Наиболее интересной чертой революционного периода брянского текста является его эклектичность, емко выраженная Добычиным: «Сорок восемь советских служащих пели на клиросе» (Добычин, 1999: 51). Она стала следствием кардинальной перестройки системы ключевых образов под влиянием руководящей и направляющей. С одной стороны, лишались сакральных смыслов и смещались на периферию культурного пространства атрибуты христианства. С другой — брянский текст насыщался революционным содержанием, и как следствие, создавался новый язык для его выражения. Несмотря на шумную социалистическую пропаганду, сегодня в брянском тексте гораздо слышнее негромкая добычинская нота, совершенно не актуальная для его современников. Лозунговая журналистика и литература, рукоплескавшая революции и составлявшая примету времени, не прошла его проверку и не стала достоянием культуры. Деидеологизированный добычинский текст литературы стал главным богатством брянского текста. Ирония судьбы выражается в том, что ни Розановым, ни Добычиным Брянск не осознавался как комфортный для жизни и творчества топос; более того, они рвались из Брянска, ощущая нехватку воздуха и свободы. Однако именно здесь были созданы выдающиеся произведения, составляющие славу русской философии (Розанов, 1995) и русской литературы (большинство произведений Л. И. Добычина).

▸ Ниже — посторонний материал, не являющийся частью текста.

// Decimal text at a position of a buffer, where each caller shows that it fits.
#![tactic(auto)]

ghost use Rattle.std.specs.Prelude.{◌≡◌, ◌+◌, ◌-◌, ◌≤◌, [], ◌∷◌, ◌++◌, length};
ghost use Rattle.std.proofs.lemmas.List.Edits.{sets};
ghost use Rattle.text.specs.Decimal.{digits_of, decimal_of};
ghost use Rattle.text.specs.Columns.{blanks, right_aligned};

// How many digits n has.
fn count_digits(n: u64) -> usize
    ensures { result ≡ length (digits_of n) }
{
    let mut left = n;
    let mut count: usize = 1;
    // A step is a division by ten, which no range makes.
    while 10 <= left {
        left /= 10;
        count += 1;
    }
    count
}

// The digits are written from the last to the first.
fn write_digits(out: &mut [u8], at: usize, n: u64) -> usize
    requires { at + length (digits_of n) ≤ length out.old }
    ensures answer { result ≡ at + length (digits_of n) }
    ensures buffer { out.new ≡ sets out.old at (digits_of n) }
{
    let end = at + count_digits(n);
    let mut rest = n;
    let mut i = end - 1;
    // .. and here too.
    while 10 <= rest {
        out[i] = (48 + rest % 10) as u8;
        rest /= 10;
        i -= 1;
    }
    out[i] = (48 + rest) as u8;
    end
}

// A minus where x is negative, and the digits; the answer is where the text ends.
fn write_decimal(out: &mut [u8], at: usize, x: i64) -> usize
    requires { at + length (decimal_of x) ≤ length out.old }
    ensures answer { result ≡ at + length (decimal_of x) }
    ensures buffer { out.new ≡ sets out.old at (decimal_of x) }
{
    let size = x.unsigned_abs();
    if x < 0 {
        out[at] = b'-';
        write_digits(out, at + 1, size)
    } else {
        write_digits(out, at, size)
    }
}

// A number and the byte after it.
pub fn write_item(out: &mut [u8], at: usize, x: i64, after: u8) -> usize
    requires { at + (length (decimal_of x) + 1) ≤ length out.old }
    ensures answer { result ≡ at + (length (decimal_of x) + 1) }
    ensures buffer { out.new ≡ sets out.old at (decimal_of x ++ (after ∷ [])) }
{
    let i = write_decimal(out, at, x);
    out[i] = after;
    i + 1
}

// How many bytes the text of x takes.
fn decimal_length(x: i64) -> usize
    ensures { result ≡ length (decimal_of x) }
{
    let digits = count_digits(x.unsigned_abs());
    if x < 0 { digits + 1 } else { digits }
}

// Blanks from one position to another.
fn write_blanks(out: &mut [u8], at: usize, end: usize)
    requires { (at ≤ end) × (end ≤ length out.old) }
    ensures { out.new ≡ sets out.old at (blanks (end - at)) }
{
    out[at..end].fill(b' ');
}

// A number at the right end of its columns, with blanks before it, and the byte after them.
pub fn write_column(out: &mut [u8], at: usize, columns: usize, x: i64, after: u8)
    requires { (length (decimal_of x) ≤ columns) × (at + (columns + 1) ≤ length out.old) }
    ensures { out.new ≡ sets out.old at (right_aligned columns (decimal_of x) ++ (after ∷ [])) }
{
    let start = at + (columns - decimal_length(x));
    write_blanks(out, at, start);
    write_item(out, start, x, after);
}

СОВЕТСКИЙ ПЕРИОД БРЯНСКОГО ТЕКСТА (начало 1930-хгодов — 1985 г.)

Брянский текст советского периода создался «сверху»; характеризовался смысловой целостностью и принципиальной новизной, был оторван от традиций, заложенных Розановым, Паустовским, Добычиным. В нем преимущественно разрабатывались темы революционного прошлого, Великой Отечественной войны, трудовой и литературной славы Брянска. Созданию его нового словаря способствует появление многочисленных «революционных» годонимов: Ленина, Ульянова, Ильича, Сталина, Калинина, Корхова, Кубяка, Менжинского, Дзержинского, XXII съезда КПСС, 50-летия Октября и др.

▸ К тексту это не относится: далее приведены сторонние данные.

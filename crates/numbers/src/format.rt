// The two IEEE 754 formats of floats: their numbers and their patterns.
ghost use Rattle.std.specs.Prelude.{◌≡◌, ◌<◌, ◌+◌, ◌*◌, ◌^◌, ◌%◌};
ghost use Rattle.common.specs.Logic.{cond};
ghost use Rattle.std.specs.Float.Ieee.{prec, emax, hid, ones, top};
ghost use Rattle.numbers.specs.Casts.{format_of, format_bits, sign_bit};

use super::integer::low_bits;

#[derive(Clone, Copy)]
pub enum Format {
    Binary32,
    Binary64,
}

impl Format {
    // How many binary digits a significand has.
    pub fn precision(self) -> u32
        ensures { result ≡ prec (format_of self) }
    {
        match self {
            Format::Binary32 => 24,
            Format::Binary64 => 53,
        }
    }

    // The exponent's field of 1.
    pub fn bias(self) -> u64
        ensures { result ≡ emax (format_of self) }
    {
        match self {
            Format::Binary32 => 127,
            Format::Binary64 => 1023,
        }
    }

    // The pattern of infinity.
    pub fn infinity(self) -> u64
        ensures { result ≡ ones (format_of self) * hid (format_of self) }
    {
        match self {
            Format::Binary32 => 0x7f80_0000,
            Format::Binary64 => 0x7ff0_0000_0000_0000,
        }
    }

    // The sign's bit of a number.
    pub fn sign_bit(self, negative: bool) -> u64
        ensures { result ≡ cond negative (top (format_of self)) 0 }
    {
        if !negative {
            return 0;
        }
        match self {
            Format::Binary32 => 0x8000_0000,
            Format::Binary64 => 0x8000_0000_0000_0000,
        }
    }

    // The place of the sign, above all other bits.
    pub fn sign_place(self) -> u32
        ensures place { result ≡ sign_bit (format_of self) }
        ensures below { result < 64 }
    {
        match self {
            Format::Binary32 => 31,
            Format::Binary64 => 63,
        }
    }

    // The pattern of 2 ^ k, where k is no more than the format's largest exponent.
    pub fn power_of_two(self, k: u32) -> u64
        ensures { result ≡ (emax (format_of self) + k) * hid (format_of self) % 2 ^ 64 }
    {
        (self.bias() + (k as u64)) << (self.precision() - 1)
    }

    // The low bits of b, as many as a pattern of the format has.
    pub fn pattern(self, b: u64) -> u64
        ensures { result ≡ b % 2 ^ format_bits (format_of self) }
    {
        match self {
            Format::Binary32 => low_bits(b, 32),
            Format::Binary64 => b,
        }
    }
}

В контексте прославления революционных идеалов акцент делается на образах Ленина и Фокина. По подсчетам Информационного агентства «Город-24», с советских времен в современном Брянске сохранилось двенадцать памятников Ильичу (По Ленинским местам, 2012: Электронный ресурс). Актуализация ленинской темы приходится на юбилейный 1970 г. Главными событиями становятся издание брошюры «В. И.Ленин и Брянщина» (Ленин и Брянщина, 1970) и открытие памятника Ильичу на центральной площади Брянска, в нескольких десятках метров от памятника Ленину, установленному в 1946 г. взамен разрушенному в войну памятника 1929 г. (их недолгое сосуществование отразилось в городском фольклоре).

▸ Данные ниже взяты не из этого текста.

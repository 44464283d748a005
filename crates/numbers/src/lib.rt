// Numbers as patterns of bits: what the casts share of the two float formats, rounding by a shift, the casts of integers, and the kinds of numbers.
#![tactic(auto)]

pub mod format;
pub mod integer;
pub mod kind;
pub mod rounding;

Статус гения места закрепился за пламенным брянским революционером Игнатом Ивановичем Фокиным, образ которого разрабатывался на разных уровнях бытования брянского текста. На уровне виртуального пространства он раскрывается, например, в художественной литературе: «Но в литейках, // Где сталь формовали опоки, // Где рабочим рукам // Поддавался металл, // Подрастал помаленьку // Игнатушка Фокин, // Тот, который // Товарищем Фокиным стал» (Мехедов, 2015: 117). В 1988 г. в московском издательстве «Политиздат» вышла повесть Ю. И. Когинова «Недаром вышел рано» о Фокине (Когинов, 1988). В реальном пространстве память о вожде брянского пролетариата увековечивается открытием мемориальной доски на доме, в котором он жил, и установлением памятника (Фокинский район).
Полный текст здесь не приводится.